====== DATA FOR THIS EXERCISE ======
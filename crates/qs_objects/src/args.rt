// The arguments of a request.

ghost use Rattle.std.specs.Prelude.{◌≡◌, ◌≤◌, List, [], ◌∷◌, ◌++◌, length, true, false, if◌then◌else◌, nat_lt, take, slice_index_or, pos};

use smallvec::SmallVec;
use std::alloc::Global;
use std::marker::Model;
use std::mem::forget;

/// At most three numbers, which lie in the value itself, so that no call takes memory.
pub struct Args {
    numbers: SmallVec<i64, 3>,
}

impl Drop for Args {
    // The numbers lie in the value itself, so there is no memory to give back, and nobody has to look at them. A long
    // list of requests is dropped without a look at each.
    fn drop(self) {
        let Args { numbers } = self;
        forget(numbers);
    }
}

impl Model for Args {
    ghost use Rattle.std.specs.Prelude.{◌≡◌, ◌≤◌, List, ℤ, length};

    ghost Value = { List ℤ };

    ghost view = { λ a. a.numbers.items };

    ghost invariant = { λ a. (length a.numbers.items ≤ 3) × (a.numbers.capacity ≡ 3) };
}

// The number at a place, or 0 where there is none.
#[inline(always)]
fn number_at(numbers: &[i64], place: usize) -> i64
    ensures value { result ≡ slice_index_or numbers.now place (pos 0) }
{
    if place < numbers.len() {
        numbers[place]
    } else {
        0
    }
}

impl Args {
    /// No arguments.
    pub fn new(alloc: Global) -> Args
        ensures empty { result ≡ [] }
    {
        Args {
            numbers: SmallVec::new(alloc),
        }
    }

    /// The first `len` of three numbers.
    #[inline(always)]
    pub fn of(alloc: Global, numbers: [i64; 3], len: usize) -> Args
        requires few { len ≤ 3 }
        ensures value { result ≡ take len numbers }
    {
        let mut all = SmallVec::from_buf(alloc, numbers);
        if len < 3 {
            all.pop();
        }
        if len < 2 {
            all.pop();
        }
        if len < 1 {
            all.pop();
        }
        Args { numbers: all }
    }

    /// Adds a number at the end. Answers false exactly where three are there, and changes nothing then.
    pub fn push(&mut self, number: i64) -> bool
        ensures answer { result ≡ nat_lt (length self.old) 3 }
        ensures change { self.new
            ≡ (if nat_lt (length self.old) 3 then self.old ++ number ∷ [] else self.old) }
    {
        if self.numbers.len() == 3 {
            return false;
        }
        self.numbers.push_reserved(number);
        true
    }

    /// The numbers in order, at most three.
    #[inline(always)]
    pub fn as_slice(&self) -> &[i64]
        ensures numbers { result.now ≡ self.now }
        ensures at_most_three { length self.now ≤ 3 }
    {
        self.numbers.as_slice()
    }

    /// The same numbers once more; takes no memory.
    #[inline(always)]
    pub fn copied(&self) -> Args
        ensures same { result ≡ self.now }
    {
        let numbers = self.numbers.as_slice();
        let alloc = *self.numbers.allocator();
        let all = [
            number_at(numbers, 0),
            number_at(numbers, 1),
            number_at(numbers, 2),
        ];
        Args::of(alloc, all, numbers.len())
    }
}
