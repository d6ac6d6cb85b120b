//! Values that a chunk hands out or drops, each once; places that go round; and what travels to another thread.

use crate::{Chunk, ChunkSize, Parcel};
use std::sync::Arc;
use std::test::Fail;
use std::thread;

// The first value of a chunk, which is then dropped with the rest.
fn first_of(chunk: Chunk<Arc<u8>>, parcel: Parcel) -> Option<Arc<u8>> {
    let mut chunk = chunk;
    match parcel {
        Parcel::End => chunk.take_front(),
        _ => None,
    }
}

// The first value of a chunk, and the chunk on its way back.
fn taken(chunk: Chunk<u8>) -> (Option<u8>, Chunk<u8>) {
    let mut chunk = chunk;
    (chunk.take_front(), chunk)
}

#[test]
fn values_are_taken_or_dropped_once(rt: HostRuntime) -> Result<(), Fail> {
    let counted = Arc::new(rt.alloc(), 7)?;
    let size = ChunkSize::new(3).ok_or("no size")?;
    let mut chunk = Chunk::with_capacity(rt.alloc(), size)?;
    for _ in 0..3u8 {
        assert!(rt; chunk.push(counted.clone()?).is_ok());
    }
    let refused = chunk.push(counted.clone()?);
    assert_eq!(rt; Arc::strong_count(&counted), 5);
    drop(refused);
    let taker = thread::spawn(&rt, move || first_of(chunk, Parcel::End))?;
    let taken = taker.join(&rt);
    assert!(rt; taken.is_some());
    assert_eq!(rt; Arc::strong_count(&counted), 2);
    drop(taken);
    assert_eq!(rt; Arc::strong_count(&counted), 1);
    Ok(())
}

#[test]
fn places_go_round(rt: HostRuntime) -> Result<(), Fail> {
    let size = ChunkSize::new(2).ok_or("no size")?;
    for is_sent in [false, true] {
        let mut chunk = Chunk::with_capacity(rt.alloc(), size)?;
        assert_eq!(rt; chunk.push(1), Ok(()));
        assert_eq!(rt; chunk.push(2), Ok(()));
        assert_eq!(rt; chunk.push(3), Err(3));
        for wanted in [Some(1), Some(2), Some(3), None] {
            let (value, back) = if is_sent {
                thread::spawn(&rt, move || taken(chunk))?.join(&rt)
            } else {
                taken(chunk)
            };
            assert_eq!(rt; value, wanted);
            chunk = back;
            if wanted == Some(1) {
                assert_eq!(rt; chunk.push(3), Ok(()));
            }
        }
        assert_eq!(rt; chunk.len(), 0);
    }
    Ok(())
}
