// Buffers: a bounded queue of values.

ghost use Rattle.std.specs.Prelude.{◌≡◌};
ghost use Rattle.std.specs.VecDeque.{deque_capacity};
ghost use Rattle.qs_objects.specs.Objects.{IsRoomy, buffer_state};
ghost use Rattle.qs_objects.specs.audit.Act.{buffer_act};

use crate::Op;
use crate::object::count_refusal;
use std::collections::VecDeque;

// Serves a request to a buffer.
#[inline(never)]
pub(crate) fn apply(
    values: &mut VecDeque<i64>,
    refused: &mut i64,
    op: Op,
    args: &[i64],
) -> Option<i64>
    requires kept { IsRoomy values.old }
    ensures keeps { IsRoomy values.new }
    ensures acts { (buffer_state (deque_capacity values.new) values.new.items refused.new, result)
        ≡ buffer_act (buffer_state (deque_capacity values.old) values.old.items refused.old)
        (deque_capacity values.old) values.old.items op args.now }
{
    match (op, args) {
        (Op::Put, [n]) => {
            if values.len() < values.capacity() {
                values.push_back_reserved(*n);
            } else {
                count_refusal(refused);
            }
            None
        }
        (Op::DropFirst, []) => {
            if values.pop_front().is_none() {
                count_refusal(refused);
            }
            None
        }
        (Op::TakeFirst, []) => Some(values.pop_front().unwrap_or(0)),
        (Op::First, []) => Some(values.front().copied().unwrap_or(0)),
        (Op::Size, []) => Some(values.len() as i64),
        (Op::Refused, []) => Some(*refused),
        _ => None,
    }
}
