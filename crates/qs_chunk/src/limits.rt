//! The limits of chunks and lanes.

/// Requests in a chunk.
pub(crate) const LARGEST_CHUNK: u8 = 32;

/// Parcels that a lane takes.
pub const LANE_ROOM: usize = 16;

/// A lane's empty chunks.
pub const SPARE_ROOM: usize = 4;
======
§ **HOW TO COMPLETE THIS TASK**
Every record listed above should be reproduced exactly.

§ **RESPONSE BELOW**
filename crates/qs_objects/src/args.rt
// The arguments of a request.

ghost use Rattle.std.specs.Prelude.{◌≡◌, ◌≤◌, List, [], ◌∷◌, ◌++◌, length, true, false, if◌then◌else◌, nat_lt, take, slice_index_or, pos};

use smallvec::SmallVec;
use std::alloc::Global;
use std::marker::Model;
use std::mem::forget;

/// At most three numbers, which lie in the value itself, so that no call takes memory.
pub struct Args {
    numbers: SmallVec<i64, 3>,
}

impl Drop for Args {
    // The numbers lie in the value itself, so there is no memory to give back, and nobody has to look at them. A long
    // list of requests is dropped without a look at each.
    fn drop(self) {
        let Args { numbers } = self;
        forget(numbers);
    }
}

impl Model for Args {
    ghost use Rattle.std.specs.Prelude.{◌≡◌, ◌≤◌, List, ℤ, length};

    ghost Value = { List ℤ };

    ghost view = { λ a. a.numbers.items };

    ghost invariant = { λ a. (length a.numbers.items ≤ 3) × (a.numbers.capacity ≡ 3) };
}

// The number at a place, or 0 where there is none.
#[inline(always)]
fn number_at(numbers: &[i64], place: usize) -> i64
    ensures value { result ≡ slice_index_or numbers.now place (pos 0) }
{
    if place < numbers.len() {
        numbers[place]
    } else {
        0
    }
}

impl Args {
    /// No arguments.
    pub fn new(alloc: Global) -> Args
        ensures empty { result ≡ [] }
    {
        Args {
            numbers: SmallVec::new(alloc),
        }
    }

    /// The first `len` of three numbers.
    #[inline(always)]
    pub fn of(alloc: Global, numbers: [i64; 3], len: usize) -> Args
        requires few { len ≤ 3 }
        ensures value { result ≡ take len numbers }
    {
        let mut all = SmallVec::from_buf(alloc, numbers);
        if len < 3 {
            all.pop();
        }
        if len < 2 {
            all.pop();
        }
        if len < 1 {
            all.pop();
        }
        Args { numbers: all }
    }

    /// Adds a number at the end. Answers false exactly where three are there, and changes nothing then.
    pub fn push(&mut self, number: i64) -> bool
        ensures answer { result ≡ nat_lt (length self.old) 3 }
        ensures change { self.new
            ≡ (if nat_lt (length self.old) 3 then self.old ++ number ∷ [] else self.old) }
    {
        if self.numbers.len() == 3 {
            return false;
        }
        self.numbers.push_reserved(number);
        true
    }

    /// The numbers in order, at most three.
    #[inline(always)]
    pub fn as_slice(&self) -> &[i64]
        ensures numbers { result.now ≡ self.now }
        ensures at_most_three { length self.now ≤ 3 }
    {
        self.numbers.as_slice()
    }

    /// The same numbers once more; takes no memory.
    #[inline(always)]
    pub fn copied(&self) -> Args
        ensures same { result ≡ self.now }
    {
        let numbers = self.numbers.as_slice();
        let alloc = *self.numbers.allocator();
        let all = [
            number_at(numbers, 0),
            number_at(numbers, 1),
            number_at(numbers, 2),
        ];
        Args::of(alloc, all, numbers.len())
    }
}
repository d6ac6d6cb85b120b
//! Values that a chunk hands out or drops, each once; places that go round; and what travels to another thread.

use crate::{Chunk, ChunkSize, Parcel};
use std::sync::Arc;
use std::test::Fail;
use std::thread;

// The first value of a chunk, which is then dropped with the rest.
fn first_of(chunk: Chunk<Arc<u8>>, parcel: Parcel) -> Option<Arc<u8>> {
    let mut chunk = chunk;
    match parcel {
        Parcel::End => chunk.take_front(),
        _ => None,
    }
}

// The first value of a chunk, and the chunk on its way back.
fn taken(chunk: Chunk<u8>) -> (Option<u8>, Chunk<u8>) {
    let mut chunk = chunk;
    (chunk.take_front(), chunk)
}

#[test]
fn values_are_taken_or_dropped_once(rt: HostRuntime) -> Result<(), Fail> {
    let counted = Arc::new(rt.alloc(), 7)?;
    let size = ChunkSize::new(3).ok_or("no size")?;
    let mut chunk = Chunk::with_capacity(rt.alloc(), size)?;
    for _ in 0..3u8 {
        assert!(rt; chunk.push(counted.clone()?).is_ok());
    }
    let refused = chunk.push(counted.clone()?);
    assert_eq!(rt; Arc::strong_count(&counted), 5);
    drop(refused);
    let taker = thread::spawn(&rt, move || first_of(chunk, Parcel::End))?;
    let taken = taker.join(&rt);
    assert!(rt; taken.is_some());
    assert_eq!(rt; Arc::strong_count(&counted), 2);
    drop(taken);
    assert_eq!(rt; Arc::strong_count(&counted), 1);
    Ok(())
}

#[test]
fn places_go_round(rt: HostRuntime) -> Result<(), Fail> {
    let size = ChunkSize::new(2).ok_or("no size")?;
    for is_sent in [false, true] {
        let mut chunk = Chunk::with_capacity(rt.alloc(), size)?;
        assert_eq!(rt; chunk.push(1), Ok(()));
        assert_eq!(rt; chunk.push(2), Ok(()));
        assert_eq!(rt; chunk.push(3), Err(3));
        for wanted in [Some(1), Some(2), Some(3), None] {
            let (value, back) = if is_sent {
                thread::spawn(&rt, move || taken(chunk))?.join(&rt)
            } else {
                taken(chunk)
            };
            assert_eq!(rt; value, wanted);
            chunk = back;
            if wanted == Some(1) {
                assert_eq!(rt; chunk.push(3), Ok(()));
            }
        }
        assert_eq!(rt; chunk.len(), 0);
    }
    Ok(())
}
// Buffers: a bounded queue of values.

ghost use Rattle.std.specs.Prelude.{◌≡◌};
ghost use Rattle.std.specs.VecDeque.{deque_capacity};
ghost use Rattle.qs_objects.specs.Objects.{IsRoomy, buffer_state};
ghost use Rattle.qs_objects.specs.audit.Act.{buffer_act};

use crate::Op;
use crate::object::count_refusal;
use std::collections::VecDeque;

// Serves a request to a buffer.
#[inline(never)]
pub(crate) fn apply(
    values: &mut VecDeque<i64>,
    refused: &mut i64,
    op: Op,
    args: &[i64],
) -> Option<i64>
    requires kept { IsRoomy values.old }
    ensures keeps { IsRoomy values.new }
    ensures acts { (buffer_state (deque_capacity values.new) values.new.items refused.new, result)
        ≡ buffer_act (buffer_state (deque_capacity values.old) values.old.items refused.old)
        (deque_capacity values.old) values.old.items op args.now }
{
    match (op, args) {
        (Op::Put, [n]) => {
            if values.len() < values.capacity() {
                values.push_back_reserved(*n);
            } else {
                count_refusal(refused);
            }
            None
        }
        (Op::DropFirst, []) => {
            if values.pop_front().is_none() {
                count_refusal(refused);
            }
            None
        }
        (Op::TakeFirst, []) => Some(values.pop_front().unwrap_or(0)),
        (Op::First, []) => Some(values.front().copied().unwrap_or(0)),
        (Op::Size, []) => Some(values.len() as i64),
        (Op::Refused, []) => Some(*refused),
        _ => None,
    }
}
filename crates/qs_chunk/src/limits.rt
//! The limits of chunks and lanes.

/// Requests in a chunk.
pub(crate) const LARGEST_CHUNK: u8 = 32;

/// Parcels that a lane takes.
pub const LANE_ROOM: usize = 16;

/// A lane's empty chunks.
pub const SPARE_ROOM: usize = 4;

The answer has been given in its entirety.